Any sort of uncontrolled combustion is going to have an acoustic signature, which is how most knock detection works. There is some stuff using ionization voltage using the plug as a sensor or pizeo electric pressure transducers built into the plug washers. Nissan used this in the VG30DET in Japan in the Cima but perhaps it didn't work well because they did not adopt it into anything else.

Any sort of pressure/thermal damage is detonation damage. Usually you see it on the exhaust side of the piston and or the exhaust valve. Usually the hole in the center of the piston is seen in forced induction applications. I kinda thought that this was more of a function of this being the weakest part of the crown with the longest heat path. The exhaust side damage seems to be more of a street engine or NA engine thing because this side of the combustion chamber is hotter with transient WOT stuff.

These two things are more of my personal opinion based on observations, I haven't done a heat profile study in engine development or anything.
Markingtime
# Markingtime
Sunday, December 19, 2010 7:54 PM
I hope I'm not out of line bringing this dialogue back from the dead, but I am fairly new as a subscriber and just ran across this article. I've understood the theory and practice of water and methanol/water injection since high school but this is the first time I have seen the math. Thanks very much for that, it was very straight forward. There are a couple of points that the article, and subsequent debate, didn't touch on that I would appreciate your comments on.

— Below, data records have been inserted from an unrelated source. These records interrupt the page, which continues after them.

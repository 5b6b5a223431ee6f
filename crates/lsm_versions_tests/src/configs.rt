// Names and configurations, byte for byte.
use lsm_pick::{
    CompactionStrategy, DropRange, FIFO_COMPACTION_NAME, Fifo, LEVELED_COMPACTION_NAME, Leveled,
    Major, OwnedBounds,
};
use std::alloc::Global;
use std::ops::Bound;
use std::test::Fail;

/// Whether a strategy has this name, and these names with their values.
fn is_written(
    alloc: Global,
    strategy: &dyn CompactionStrategy,
    name: &str,
    config: &[(&str, &[u8])],
) -> Result<bool, Fail> {
    let pairs = strategy.get_config(alloc)?;
    if strategy.get_name() != name || pairs.len() != config.len() {
        return Ok(false);
    }
    for at in 0..config.len() {
        let (key, value) = config[at];
        if pairs[at].0.as_slice() != key.as_bytes() || pairs[at].1.as_slice() != value {
            return Ok(false);
        }
    }
    Ok(true)
}

const LEVELED: [(&str, &[u8]); 3] = [
    ("leveled_l0_threshold", &[4]),
    ("leveled_target_size", &[0, 0, 0, 4, 0, 0, 0, 0]),
    ("leveled_level_ratio_policy", &[1, 10, 0, 0, 0, 1, 0, 0, 0]),
];

/// With a limit of 258 bytes and no time to live.
const FIFO: [(&str, &[u8]); 3] = [
    ("fifo_limit", &[2, 1, 0, 0, 0, 0, 0, 0]),
    ("fifo_ttl", &[0]),
    ("fifo_ttl_seconds", &[0, 0, 0, 0, 0, 0, 0, 0]),
];

/// With no byte and no second.
const FIFO_ZERO: [(&str, &[u8]); 3] = [
    ("fifo_limit", &[0, 0, 0, 0, 0, 0, 0, 0]),
    ("fifo_ttl", &[1]),
    ("fifo_ttl_seconds", &[0, 0, 0, 0, 0, 0, 0, 0]),
];

#[test]
fn strategies_are_written_down(rt: HostRuntime) -> Result<(), Fail> {
    let alloc = rt.alloc();
    assert!(rt; LEVELED_COMPACTION_NAME == "LeveledCompaction");
    assert!(rt; FIFO_COMPACTION_NAME == "FifoCompaction");
    let leveled = Leveled::new(alloc)?;
    let written = is_written(alloc, &leveled, "LeveledCompaction", &LEVELED);
    drop(leveled);
    assert!(rt; written?);
    let fifo = Fifo::new(258, None, 9);
    assert!(rt; is_written(alloc, &fifo, "FifoCompaction", &FIFO)?);
    let fifo = Fifo::new(0, Some(0), 9);
    assert!(rt; is_written(alloc, &fifo, "FifoCompaction", &FIFO_ZERO)?);
    Ok(())
}

#[test]
fn others_have_names_alone(rt: HostRuntime) -> Result<(), Fail> {
    let alloc = rt.alloc();
    let all = DropRange::new(OwnedBounds {
        start: Bound::Unbounded,
        end: Bound::Unbounded,
    });
    assert!(rt; is_written(alloc, &Major::default(), "MajorCompaction", &[])?);
    assert!(rt; is_written(alloc, &all, "DropRangeCompaction", &[])?);
    Ok(())
}
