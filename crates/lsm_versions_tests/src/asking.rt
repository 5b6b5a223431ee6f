// How tests ask a strategy.
//
// What owns a table borrows it to a helper, and has no `?` after: a deep value that is dropped is long to prove.

use crate::samples::{ids, table};
use lsm_below::{Run, TableId, optimize_runs};
use lsm_pick::{Choice, ChooseError, CompactionStrategy, Input};
use lsm_versions::{CompactionState, Config, Level, Version, ids_are_own, levels_fit};
use std::alloc::{AllocError, Global};
use std::collections::HashSet;
use std::process::Abort;
use std::test::Fail;

/// A table of one entry, x under a key of one byte, so of 37 bytes: its level, its id, its key, when it was made.
pub type Row = (usize, TableId, &'static str, u64);

/// What a strategy is to answer: a choice by its ids, destination and canonical level.
#[derive(Clone, Copy)]
pub enum Wanted {
    Nothing,
    Move(&'static [TableId], u8, u8),
    Merge(&'static [TableId], u8, u8),
    Drop(&'static [TableId]),
    Refused(ChooseError),
}

/// The level of some rows: one run where no two share a key.
fn level(rt: &impl Abort, alloc: Global, n: usize, rows: &[Row]) -> Result<Level, Fail> {
    let mut runs = Vec::new(alloc);
    for row in rows {
        if row.0 == n {
            runs.push(Run::single(alloc, table(rt, alloc, row.1, row.2, (0, row.3))?)?)?;
        }
    }
    Ok(Level::from_runs(optimize_runs(alloc, runs)?))
}

fn levels(rt: &impl Abort, alloc: Global, rows: &[Row]) -> Result<Vec<Level>, Fail> {
    let mut levels = Vec::new(alloc);
    for n in 0..7 {
        levels.push(level(rt, alloc, n, rows)?)?;
    }
    Ok(levels)
}

fn version(rt: &impl Abort, alloc: Global, rows: &[Row]) -> Result<Version, Fail> {
    let levels = levels(rt, alloc, rows)?;
    let own = ids_are_own(alloc, &[], &levels)?;
    assert!(rt; own);
    assert!(rt; levels.len() == 7);
    assert!(rt; levels_fit(&levels));
    Ok(Version::from_levels(5, levels))
}

fn input(
    alloc: Global,
    list: &[TableId],
    to: u8,
    canonical: u8,
    target: u64,
) -> Result<Input, AllocError> {
    Ok(Input {
        table_ids: ids(alloc, list)?,
        dest_level: to,
        canonical_level: canonical,
        target_size: target,
    })
}

fn answer(
    alloc: Global,
    wanted: Wanted,
    target: u64,
) -> Result<Result<Choice, ChooseError>, AllocError> {
    Ok(match wanted {
        Wanted::Nothing => Ok(Choice::DoNothing),
        Wanted::Move(list, to, from) => Ok(Choice::Move(input(alloc, list, to, from, target)?)),
        Wanted::Merge(list, to, from) => Ok(Choice::Merge(input(alloc, list, to, from, target)?)),
        Wanted::Drop(list) => Ok(Choice::Drop(ids(alloc, list)?)),
        Wanted::Refused(error) => Err(error),
    })
}

fn answers(
    alloc: Global,
    strategy: &dyn CompactionStrategy,
    version: &Version,
    hidden: &[TableId],
    wanted: Wanted,
    target: u64,
) -> Result<bool, Fail> {
    let mut state = CompactionState::new(alloc);
    state.hidden_set_mut().hide(&ids(alloc, hidden)?)?;
    let given = strategy.choose(alloc, version, &Config::new(0, 0, 0), &state);
    Ok(given == answer(alloc, wanted, target)?)
}

/// Whether a strategy answers so for the version of some rows, where tables of some ids are hidden.
/// Inputs have the target.
pub fn chooses(
    rt: &impl Abort,
    alloc: Global,
    strategy: &dyn CompactionStrategy,
    target: u64,
    rows: &[Row],
    hidden: &[TableId],
    wanted: Wanted,
) -> Result<bool, Fail> {
    let version = version(rt, alloc, rows)?;
    let is_so = answers(alloc, strategy, &version, hidden, wanted, target);
    drop(version);
    is_so
}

I have read in the past that one of the other benefits of water injection, as it relates to more complete combustion, has to do with the way the surface tension of the atomised water particles creates more surface area with the fuel as it comes in contact with the water, much as a drop of fuel landing in a puddle of water nearly instantly spreads and thins out exposing more fuel molecules to the air. Could you expand on this and indicate how big a benefit it is?

Secondly, GDI (Gasoline Direct Injection) technology is becoming more common in production engines as a way to help control predetonation, among other things, and something I would like to see used as a basis for a future build. I think Ford's Eco Boost engine may be the current state of the art in a production car. In GDI, fuel is being injected at the last possible moment before ignition, leaving precious little time for fuel molecules to spread themselves around water particles. Is there enough time to reap that combustion benefit? One of the direct benefits of GDI is combustion chamber cooling. If water injection is also used do we need to worry about getting the combustion chamber too cold? No matter what, I feel the cleaning benefits of water injection justify its use for that alone, but I wonder if it may need to be tuned a little differently in a GDI engine?

Lastly, a significant percentage of water injection users are also adding methanol to the water in amounts up to 50% by volume. Could you comment on the benefits of adding (or not) methanol to the water and at what percentage those benefits reach their peak (I've heard 50%)? Any additional effect in a GDI engine?